Kinman Lei, Yuyang Jin, Mingshu Zhai, Kezhao Huang, Haoxing Ye, and Jidong Zhai, Tsinghua University
Aligning Large Language Models (LLMs) is currently the primary method to ensure AI systems operate in an ethically responsible and socially beneficial manner. Its paradigm differs significantly from standard pre-training or fine-tuning processes, involving multiple models and workloads (context), and necessitates frequently switching execution, introducing significant overhead, such as parameter updates and data transfer, which poses a critical challenge: efficiently switching between different models and workloads.
To address these challenges, we introduce PUZZLE, an efficient system for LLM alignment.
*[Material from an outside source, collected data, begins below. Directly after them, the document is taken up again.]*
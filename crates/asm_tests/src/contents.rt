//! Numbers in memory, and instructions with the numbers of their operands.

use asm_expansions::Operation;
use asm_instructions::{Origin, expansion_for, fill_gaps};
use asm_memory::{is_in_width, listed_granules, put_fill, put_number};
use asm_names::Relocation;
use cheri_model::Reg;
use cheri_model::form::{LoadOp, UpperOp};
use notation::InstructionText;
use std::alloc::Global;
use std::fmt::Write;
use std::process::Abort;
use std::test::Fail;
use tagged_mem::Ram;

#[test]
fn numbers_have_their_ranges(rt: HostRuntime) -> Result<(), Fail> {
    for (width, number, want) in [
        (1, -129, false),
        (1, -128, true),
        (1, 255, true),
        (1, 256, false),
        (2, -32_769, false),
        (2, -32_768, true),
        (2, 65_535, true),
        (2, 65_536, false),
        (4, -2_147_483_649, false),
        (4, -2_147_483_648, true),
        (4, 4_294_967_295, true),
        (4, 4_294_967_296, false),
        (8, i64::MIN, true),
        (8, -1, true),
    ] {
        let got = is_in_width(width, number.cast_unsigned());
        assert_eq!(rt; got, want, "{number} in {width}");
    }
    Ok(())
}

#[test]
fn memory_has_what_is_put(rt: HostRuntime) -> Result<(), Fail> {
    let alloc = rt.alloc();
    let mut ram = Ram::new(alloc, 4_096)?;
    for (addr, width, number) in [
        (0x8000_0000, 4, 17),
        (0x8000_0004, 4, 3),
        (0x8000_0008, 2, 0x1234_ABCD),
        (0x8000_000A, 1, u64::MAX),
        (0x8000_0FFE, 4, 5),
        (0x7FFF_FFFE, 4, 5),
    ] {
        put_number(&mut ram, addr, width, number);
    }
    put_fill(alloc, &mut ram, 0x8000_0FFE, 2, 0x55)?;
    put_fill(alloc, &mut ram, 0x8000_0FFE, 3, 0x66)?;
    let want = [17, 0, 0, 0, 3, 0, 0, 0, 0xCD, 0xAB, 0xFF, 0, 0, 0, 0, 0];
    assert!(rt; ram.bytes().starts_with(want.as_slice()));
    assert!(rt; ram.bytes().ends_with([0, 0x55, 0x55].as_slice()));
    let granules = listed_granules(alloc, &ram, 4_096)?;
    let mut addresses = Vec::new(alloc);
    for (addr, _) in &granules {
        addresses.push(*addr)?;
    }
    assert_eq!(rt; addresses.as_slice(), [0x8000_0000, 0x8000_0FF0].as_slice());
    assert_eq!(rt; listed_granules(alloc, &ram, 4_080)?.len(), 1);
    Ok(())
}

/// The instructions of an operation with the number of its operand; `4 Range` and the like where
/// there are none.
fn meaning(
    alloc: Global,
    operation: &Operation,
    relocation: Option<Relocation>,
    number: i64,
) -> Result<String, Fail> {
    let mut out = String::new(alloc);
    let mut instrs = Vec::new(alloc);
    match expansion_for(operation, relocation, number.cast_unsigned()) {
        Ok(expansion) => expansion.write(&mut instrs)?,
        Err(kind) => write!(out, "{kind}")?,
    }
    for instr in &instrs {
        if !out.is_empty() {
            write!(out, "; ")?;
        }
        write!(out, "{}", InstructionText(instr.form()))?;
    }
    Ok(out)
}

/// Whether an operation with each number has its instructions.
fn check_meanings(
    rt: &impl Abort,
    alloc: Global,
    operation: &Operation,
    rows: &[(Option<Relocation>, i64, &str)],
) -> Result<(), Fail> {
    for (relocation, number, want) in rows {
        let got = meaning(alloc, operation, *relocation, *number)?;
        assert_eq!(rt; got.as_str(), *want, "of {number}");
    }
    Ok(())
}

/// Numbers of `auipcc ca1`.
const UPPER: &[(Option<Relocation>, i64, &str)] = &[
    (
        Some(Relocation::CaptabPcrelHi),
        0x6FFF_FFFC,
        "auipcc c11, 458752",
    ),
    (Some(Relocation::PcrelHi), -0x801, "auipcc c11, 1048575"),
    (Some(Relocation::PcrelHi), 0x7FFF_F800, "4 Range"),
    (Some(Relocation::Hi), 5, "8 Expression"),
];

/// Numbers of `clc ca1, ..(ca1)`.
const LOWER: &[(Option<Relocation>, i64, &str)] = &[
    (Some(Relocation::PcrelLo), 0x6FFF_FFFC, "lc c11, -4(c11)"),
    (Some(Relocation::PcrelLo), 0x7FF, "lc c11, 2047(c11)"),
    (Some(Relocation::PcrelLo), 0x800, "lc c11, -2048(c11)"),
    (Some(Relocation::PcrelLo), -0x801, "lc c11, 2047(c11)"),
    (None, 2_048, "4 Range"),
];

#[test]
fn distances_are_in_two_parts(rt: HostRuntime) -> Result<(), Fail> {
    let upper = Operation::Upper(UpperOp::AuiPcc, Reg::new(11));
    check_meanings(&rt, rt.alloc(), &upper, UPPER)?;
    let lower = Operation::Load(LoadOp::Lc, Reg::new(11), Reg::new(11));
    check_meanings(&rt, rt.alloc(), &lower, LOWER)
}

#[test]
fn gaps_belong_to_what_is_behind(rt: HostRuntime) -> Result<(), Fail> {
    let origin = Origin {
        file: 1,
        line: 7,
        statement: Some(3),
    };
    let gap = Origin {
        file: 1,
        line: 7,
        statement: None,
    };
    let got = fill_gaps(rt.alloc(), &[None, None, Some(origin), Some(origin)])?;
    assert_eq!(rt; got.as_slice(), [gap, gap, origin, origin].as_slice());
    Ok(())
}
We explore model orchestration as well as light-weight and smooth workload switching in aligning LLMs by considering the similarity between different workloads. Specifically, PUZZLE adopts a two-dimensional approach for efficient switching, focusing on both intra- and inter-stage switching. Within each stage, switching costs are minimized by exploring model affinities and overlapping computation via time-sharing. Furthermore, a similarity-oriented strategy is employed to find the optimal inter-stage switch plan with the minimum communication cost. We evaluate PUZZLE on various clusters with up to 32 GPUs. Results show that PUZZLE achieves up to 2.12× speedup compared with the state-of-the-art RLHF training system DeepSpeed-Chat.